- _RECORDS PROVIDED_
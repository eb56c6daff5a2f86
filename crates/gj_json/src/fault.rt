//! Why and where a reader refuses an input.
ghost use Rattle.std.specs.Prelude.{◌≡◌};
ghost use Rattle.gj_json.specs.Texts.{cause_text};

use std::fmt;

/// Why an input is refused. Length comes before the other causes, whatever the byte is.
#[derive(Clone, Copy, Debug, PartialEq, Eq)]
pub enum Cause {
    /// J1: the byte at the place is not allowed there, however deep a text may nest (RFC 8259; RFC 3629 for its UTF-8).
    Syntax,
    /// J2: the input ends before a text does: the place is its length.
    Truncated,
    /// J3: the bracket at the place opens one array or object too many (RFC 8259, section 9).
    Depth,
    /// J4: the input is longer than allowed: the place is the number of bytes that are allowed.
    Length,
}

impl Cause {
    /// What the cause is called in a report.
    pub fn text(self) -> &'static str
        ensures { result.now ≡ cause_text self }
    {
        match self {
            Cause::Syntax => "syntax",
            Cause::Truncated => "truncated",
            Cause::Depth => "too deep",
            Cause::Length => "too long",
        }
    }
}

impl fmt::Display for Cause {
    ghost use Rattle.std.specs.Prelude.{Some};

    ghost output = { λ cause. Some (cause_text cause) };

    fn fmt<W: fmt::Write>(&self, f: &mut fmt::Formatter<W>) -> fmt::Result {
        f.write_str(self.text())
    }
}

/// Where and why an input is refused.
#[derive(Clone, Copy, Debug, PartialEq, Eq)]
pub struct JsonFault {
    /// How many bytes of the input come before the refused one.
    pub place: u64,
    pub cause: Cause,
}

impl fmt::Display for JsonFault {
    ghost use Rattle.std.specs.Prelude.{◌++◌, Some, codes};
    ghost use Rattle.std.specs.Fmt.{decimal};

    ghost output = { λ fault. Some (codes "not JSON at " ++ (decimal fault.place ++ (codes ": " ++ cause_text fault.cause))) };

    fn fmt<W: fmt::Write>(&self, f: &mut fmt::Formatter<W>) -> fmt::Result {
        write!(f, "not JSON at {}: {}", self.place, self.cause)
    }
}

- _GOAL OF THE EXERCISE_
Copy out, from the material above, each line where the word "output" is present.

- _THE COMPLETED TASK_
    ghost output = { λ cause. Some (cause_text cause) };
    ghost output = { λ fault. Some (codes "not JSON at " ++ (decimal fault.place ++ (codes ": " ++ cause_text fault.cause))) };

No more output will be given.